So I wouldn't fault the Arsdigita folks too heavily not using "eq".

Collapse
11: Re: Language lawyering (response to 10)
Posted by Alfred Werner on
Doh - must have been thinking of perl for the eq command.

Looks like eq appeared in 8.4.0 actually - here's the CHANGE file for the release:
http://sourceforge.net/project/shownotes.php?release_id=109968 - came out in Nov 2000, so that's probably why I've seen it around.

8.4.0 I think was only just recently compatible with AOLSserver (3.5.1 in Nov 2002 ?? ), which explains why nobody's really using it - it being [expr eq].

Collapse
12: Re: Language lawyering (response to 1)
Posted by Don Baccus on
Oh, this is good to know, sounds like we shouldn't encourage use of "eq" until we switch over to AOLserver 4/Tcl 8.4 ...

And now I don't feel so stupid for not knowing about "eq" :)

It's a good thing we don't do much math in OpenACS, ain't it?  How confusing.  If you don't curly brace stuff the expression gets recompiled each time, as the quote above implies - I dug into the Tcl source just to make sure and yes, indeed, it's true.  It pushes the tokenized string and an EVAL bytecode op, and EVAL bytecompiles and executes the result.  If you bracket the bytecode itself is saved instead.

Which is why

if { ... }

is recommended even if the expression is a proc call.

Collapse
13: But, what is truth? (response to 1)
Posted by Alfred Werner on
% if 0 {puts true}
% if {0} {puts true}
% if true {puts true}
true
% if 1 {puts true}
true
% if {1} {puts true}
true
% if {true} {puts true}
true
% if {"true"} {puts true}
true
% set blah true
true
% if {$blah} { puts true}
true
% if {t} {puts true}
true
% if {yes} {puts true}
true

% if {randomstring} {puts true}
syntax error in expression "randomstring": variable references require preceding $
% set blah randomstring
randomstring
% if $blah {puts true}
syntax error in expression "randomstring": variable references require preceding $
% if {$blah} {puts true}
expected boolean value but got "randomstring"

% set blah -1.2
-1.2
% set blah -4323.937
-4323.937
% if $blah {puts true}
true
%  if {$blah} { puts true}
true

TCL is surprisingly generous in its ability to handle TRUTH. 1, t, true, and yes are all true as well as any number value that is non-zero. To be truly false you have to be equal to 0, f, false, no.

% set blah no
no
% if {$blah} { puts true}
%
% set blah false
false
% if {$blah} { puts true}
%
% if {!$blah} {puts true}
true

So, I'm not sure when all these versions of the truth showed up, but constructs like:

if {[string compare $html_p "t"] == 0} can be changed to
if {$html_p}
in /packages/ecommerce/www/admin/tools/spell.tcl
AND
if { [string compare $unique_users_p "t"] == 0 }
if {$unique_users_p}
in /packages/simple-survey/www/admin/responses.tcl

Ecommerce seems the most heavily 'protected' as far as using [string] and invoking == 0 against the results.
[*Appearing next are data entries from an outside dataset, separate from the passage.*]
impl SessionTrail {
    /// Before any event, for this tested end. It finds evidence of B01 and B02 only if it is to
    /// keep the Topic Filters that stand, and of B09, P01, P02, R01 and R02 only if it is to keep
    /// those that were asked for.
    pub fn new(alloc: Global, tested: Tested, keeps_standing: bool, keeps_asked: bool) -> Self
        ensures agrees { IsTrail result tested (Some Void) [] }
        ensures keeps { is_some result.subscriptions ≡ keeps_standing }
        ensures keeps_asked { is_some result.matching ≡ keeps_asked }
    {
        SessionTrail {
            role: tested.role,
            session: Session::new(),
            begun: Begun::new(tested.role),
            handshake: Handshake::new(tested.role),
            counters: Counters::new(tested.role),
            senders: Senders::new(alloc),
            answering: Answering::new(alloc),
            waiting: Waiting::new(alloc),
            received: Received::new(alloc),
            overtaking: Overtaking::new(alloc),
            subscriptions: kept_if(alloc, keeps_standing),
            matching: matching_if(alloc, keeps_asked),
        }
    }

    /// Takes in the next event, of a connection that has this fate.
    ///
    /// # Errors
    ///
    /// `Memory` if there is no memory for what it keeps. Its state is then of no use.
    pub fn take(&mut self, at: Place3, fate: Fate, note: &Note) -> Result<(), Memory>
        ensures keeps { OnOk result (is_some self.new.subscriptions ≡ is_some self.old.subscriptions) }
        ensures keeps_asked { OnOk result (is_some self.new.matching ≡ is_some self.old.matching) }
        ensures agrees { OnOk result ((tested : TheTested) (decided : ℕ) (past : List Seen) → IsUnder tested fate decided (seen at note.now) past → IsTrail self.old tested (fate_before tested fate (seen at note.now) past) past → IsTrail self.new tested (Some fate) (seen at note.now ∷ past)) }
    {
        let turn = self.session.turn(at, fate, note);
        self.begun.take(turn, note);
        self.handshake.take(turn, note);
        self.counters.take(turn, note);
        let opened = self.opened_by(note);
        self.overtaking.take(turn, note, opened)?;
        self.senders.take(turn, note)?;
        self.answering.take(turn, note)?;
        self.waiting.take(turn, note)?;
        self.received.take(turn, note)?;
        take_if_kept(&mut self.subscriptions, turn, note)?;
        take_matching(&mut self.matching, turn, note)?;
        self.session.take(fate, note);
        Ok(())
    }

    // Where what the event sends again was first sent, if it is open.
    fn opened_by(&self, note: &Note) -> Option<u32>
        ensures { (s : Stretches) → IsSenders self.now.senders s → result ≡ opened_under note.now s.session }
    {
        match note.resend() {
            Some(i) => self.senders.held(i),
            None => None,
        }
    }

    // The evidence of S01: what holds the identifier that the event takes.
    fn of_taking(&self, note: &Note) -> Evidence
        ensures { (tested : TheTested) (at : ThePlace) (fate : TheFate) (past : List Seen) → IsTrail self.now tested (Some fate) past → result ≡ found (reason tested.role S01) (Some fate) None (newest (seen at note.now) past) }
    {
        match note.taken_identifier(self.role) {
            Some(i) => Evidence::of(self.senders.holder(i)),
            None => Evidence::nothing(),
        }
    }

    // That of S02: what became of what the event sends again.
    fn of_resending(&self, note: &Note) -> Evidence
        ensures { (tested : TheTested) (at : ThePlace) (fate : TheFate) (past : List Seen) → IsTrail self.now tested (Some fate) past → result ≡ found (reason tested.role S02) (Some fate) None (newest (seen at note.now) past) }
    {
        match note.resend() {
            Some(i) => Evidence::of(self.senders.end_of_sent(self.begun.connack(), i)),
            None => Evidence::nothing(),
        }
    }

    // That of S03: where it was sent before on the connection.
    fn of_repeating(&self, note: &Note) -> Evidence
        ensures { (tested : TheTested) (at : ThePlace) (fate : TheFate) (past : List Seen) → IsTrail self.now tested (Some fate) past → result ≡ found (reason tested.role S03) (Some fate) None (newest (seen at note.now) past) }
    {
        match note.resend() {
            Some(i) => Evidence::of(self.senders.delivery(i)),
            None => Evidence::nothing(),
        }
    }

    // That of S04: the PUBREL.
    fn of_receding(&self, note: &Note) -> Evidence
        ensures { (tested : TheTested) (at : ThePlace) (fate : TheFate) (past : List Seen) → IsTrail self.now tested (Some fate) past → result ≡ found (reason tested.role S04) (Some fate) None (newest (seen at note.now) past) }
    {
        match note.resend() {
            Some(i) => Evidence::of(self.senders.pubrel(i)),
            None => Evidence::nothing(),
        }
    }

    // That of S05: the PUBLISH that was sent again too early.
    fn of_following(&self, note: &Note) -> Evidence
        ensures { (tested : TheTested) (at : ThePlace) (fate : TheFate) (past : List Seen) → IsTrail self.now tested (Some fate) past → result ≡ found (reason tested.role S05) (Some fate) None (newest (seen at note.now) past) }
    {
        match note.resend() {
            Some(i) => self.overtaking.evidence(self.senders.opener(i)),
            None => Evidence::nothing(),
        }
    }

    // That of B01, if Topic Filters are kept.
    fn of_unasked(&self) -> Option<Evidence>
        ensures { (tested : TheTested) (e : Seen) (fate : TheFate) (past : List Seen) → IsTrail self.now tested (Some fate) past → result ≡ only (is_some self.now.subscriptions) (Some (found (reason tested.role B01) (Some fate) None (newest e past))) }
    {
        match &self.subscriptions {
            Some(subscriptions) => Some(subscriptions.of_unasked()),
            None => None,
        }
    }

    // That of B02, if they are.
    fn of_exceeding(&self, note: &Note) -> Result<Option<Evidence>, Memory>
        ensures { IfOk result (λ evidence. (tested : TheTested) (at : ThePlace) (fate : TheFate) (past : List Seen) → IsTrail self.now tested (Some fate) past → evidence ≡ only (is_some self.now.subscriptions) (Some (found (reason tested.role B02) (Some fate) None (newest (seen at note.now) past)))) }
    {
        let Some(subscriptions) = &self.subscriptions else {
            return Ok(None);
        };
        let evidence = subscriptions.of_exceeding(note)?;
        Ok(Some(evidence))
    }

    // That of B09, P01, P02, R01 and R02, if the filters that were asked for are kept.
    fn of_delivering(&self, note: &Note) -> Option<Evidence>
        ensures { (tested : TheTested) (at : ThePlace) (fate : TheFate) (past : List Seen) → IsTrail self.now tested (Some fate) past → result ≡ only (is_some self.now.matching) (Some (found (by_matching tested.role) (Some fate) None (newest (seen at note.now) past))) }
    {
        match &self.matching {
            Some(matching) => Some(matching.of_delivering(note)),
            None => None,
        }
    }

    // That of E1A, E2A and E4A to E6A: what became of what the event answers.
    fn of_answering(&self, asked: &Asked, exchange: Exchange, note: &Note) -> Evidence
        ensures { (tested : TheTested) (at : ThePlace) (fate : TheFate) (past : List Seen) → IsTrail self.now tested (Some fate) past → IsAsked (exchange_of exchange) asked.now (stretches tested.role (Some fate) past) → result ≡ found (by_asked (exchange_of exchange) tested.role) (Some fate) None (newest (seen at note.now) past) }
    {
        match exchange.answer(note) {
            Some(i) => Evidence::of(asked.end_of_asked(self.begun.connack(), i)),
            None => Evidence::nothing(),
        }
    }

    // That of E3A, where also a PUBREC that refuses may be to blame.
    fn of_confirming(&self, note: &Note) -> Evidence
        ensures { (tested : TheTested) (at : ThePlace) (fate : TheFate) (past : List Seen) → IsTrail self.now tested (Some fate) past → result ≡ found (reason tested.role E3A) (Some fate) None (newest (seen at note.now) past) }
    {
        match note.sent_pubrel() {
            Some(i) => Evidence::of(
                self.answering
                    .pubrels
                    .end_of_confirmed(self.begun.connack(), i),
            ),
            None => Evidence::nothing(),
        }
    }

    // That of L1: what became of the message that is released.
    fn of_releasing(&self, note: &Note) -> Evidence
        ensures { (tested : TheTested) (at : ThePlace) (fate : TheFate) (past : List Seen) → IsTrail self.now tested (Some fate) past → result ≡ found (reason tested.role L1) (Some fate) None (newest (seen at note.now) past) }
    {
        match note.released_identifier() {
            Some(i) => Evidence::of(self.received.end_of_received(self.begun.connack(), i)),
            None => Evidence::nothing(),
        }
    }

    // That of L2: the RELEASE before.
    fn of_releasing_again(&self, note: &Note) -> Evidence
        ensures { (tested : TheTested) (at : ThePlace) (fate : TheFate) (past : List Seen) → IsTrail self.now tested (Some fate) past → result ≡ found (reason tested.role L2) (Some fate) None (newest (seen at note.now) past) }
    {
        match note.released_identifier() {
            Some(i) => Evidence::of(self.received.release(i)),
            None => Evidence::nothing(),
        }
    }

    // That of L3: the PUBLISH that brought the message.
    fn of_completing(&self, note: &Note) -> Evidence
        ensures { (tested : TheTested) (at : ThePlace) (fate : TheFate) (past : List Seen) → IsTrail self.now tested (Some fate) past → result ≡ found (reason tested.role L3) (Some fate) None (newest (seen at note.now) past) }
    {
        match note.sent_success_pubcomp() {
            Some(i) => Evidence::of(self.received.first_brought(i)),
            None => Evidence::nothing(),
        }
    }

    // What a fault of a statement at an event conflicts with, but for B02. It takes no memory.
    fn find_at_once(&self, rule: Rule, at: Place3, note: &Note) -> Option<Evidence>
        ensures { (tested : TheTested) (fate : TheFate) (past : List Seen) → same_rule rule B02 ≡ false → at.position ≡ length past + 1 → IsTrail self.now tested (Some fate) past → result ≡ only (finds self.now rule) (Some (found (reason tested.role rule) (Some fate) None (newest (seen at note.now) past))) }
    {
        let (answering, waiting) = (&self.answering, &self.waiting);
        match rule {
            Rule::S01 => Some(self.of_taking(note)),
            Rule::S02 => Some(self.of_resending(note)),
            Rule::S03 => Some(self.of_repeating(note)),
            Rule::S04 => Some(self.of_receding(note)),
            Rule::S05 => Some(self.of_following(note)),
            Rule::B01 => self.of_unasked(),
            Rule::S07 => Some(self.counters.quota(at.position, &self.handshake)),
            Rule::E7R => Some(self.counters.pings()),
            Rule::E1A => Some(self.of_answering(&answering.pubacks, Exchange::PublishPuback, note)),
            Rule::E2A => Some(self.of_answering(&answering.pubrecs, Exchange::PublishPubrec, note)),
            Rule::E3A => Some(self.of_confirming(note)),
            Rule::E4A => Some(self.of_answering(
                &answering.pubcomps,
                Exchange::PubrelPubcomp,
                note,
            )),
            Rule::E5A => Some(self.of_answering(
                &answering.subacks,
                Exchange::SubscribeSuback,
                note,
            )),
            Rule::E6A => Some(self.of_answering(
                &answering.unsubacks,
                Exchange::UnsubscribeUnsuback,
                note,
            )),
            Rule::E1O => Some(of_overtaking(&waiting.pubacks, Exchange::PublishPuback, note)),
            Rule::E2O => Some(of_overtaking(&waiting.pubrecs, Exchange::PublishPubrec, note)),
            Rule::E3O => Some(of_overtaking(&waiting.pubrels, Exchange::PubrecPubrel, note)),
            Rule::B03 => Some(waiting.requests.of_suback(note)),
            Rule::B04 => Some(waiting.requests.of_unsuback(note)),
            Rule::B05 => Some(waiting.requests.of_granting(note)),
            Rule::B06 => Some(waiting.requests.of_untruth(note)),
            Rule::B07 => Some(waiting.requests.of_untruth(note)),
            Rule::B09 => self.of_delivering(note),
            Rule::P01 => self.of_delivering(note),
            Rule::P02 => self.of_delivering(note),
            Rule::R01 => self.of_delivering(note),
            Rule::R02 => self.of_delivering(note),
            Rule::L1 => Some(self.of_releasing(note)),
            Rule::L2 => Some(self.of_releasing_again(note)),
            Rule::L3 => Some(self.of_completing(note)),
            _ => None,
        }
    }

    /// What a fault of this statement at an event conflicts with, if it is one of those whose
    /// evidence it finds: those on sessions, B01 and B02 only if it keeps the Topic Filters that
    /// stand, B09, P01, P02, R01 and R02 only if it keeps those that were asked for. It is asked
    /// before the event is taken in.
    ///
    /// # Errors
    ///
    /// `Memory` if there is no memory to look for it.
    pub fn find(&self, rule: Rule, at: Place3, note: &Note) -> Result<Option<Evidence>, Memory>
        ensures { IfOk result (λ evidence. (tested : TheTested) (fate : TheFate) (past : List Seen) → at.position ≡ length past + 1 → IsTrail self.now tested (Some fate) past → evidence ≡ only (finds self.now rule) (Some (found (reason tested.role rule) (Some fate) None (newest (seen at note.now) past)))) }
    {
        if rule == Rule::B02 {
            let evidence = self.of_exceeding(note)?;
            return Ok(evidence);
        }
        Ok(self.find_at_once(rule, at, note))
    }

    /// Adds what the faults of an event conflict with, as far as it finds that. It is asked before
    /// the event is taken in.
    ///
    /// # Errors
    ///
    /// `Memory` if there is no memory for them, or to look for them.
    pub fn explain(
        &self,
        wanted: &Faults,
        at: Place3,
        note: &Note,
        findings: &mut Findings,
    ) -> Result<(), Memory>
        ensures { OnOk result ((tested : TheTested) (fate : TheFate) (past : List Seen) → at.position ≡ length past + 1 → IsTrail self.now tested (Some fate) past → (k : ℕ) (r : TheRule)
            → found_at findings.new k r ≡ option_or (explained_at (finds self.now) (map.entries wanted.now) at.position k r (found (reason tested.role r) (Some fate) None (newest (seen at note.now) past))) (found_at findings.old k r)) }
    {
        for (key, _) in wanted.at(at.position) {
            let found = self.find(key.rule, at, note)?;
            if let Some(evidence) = found {
                findings.add(*key, evidence)?;
            }
        }
        Ok(())
    }
}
In most cases, people use 1 and 0 to store true and false, and then compare the result with == 0 anyway. In some cases, they actually store the result backwards (0 as true) but they are saved by the == 0.

find . -name *.tcl | xargs grep "&&"
find . -name *.tcl | xargs grep "||"
find . -name *.tcl | xargs grep "==0"
find . -name *.tcl | xargs grep "== 0"

Will find the majority of candidates.

A conversion to using boolean names - including in package configuration parameters, would lead to much more readable code - I'm willing to bet a lot of people often forget which is true and false - 1 and 0, which is why so many == 0 instances in the code. Strongly recommending 'true' and 'false' (or pick one of the three pairs) will help clean things up.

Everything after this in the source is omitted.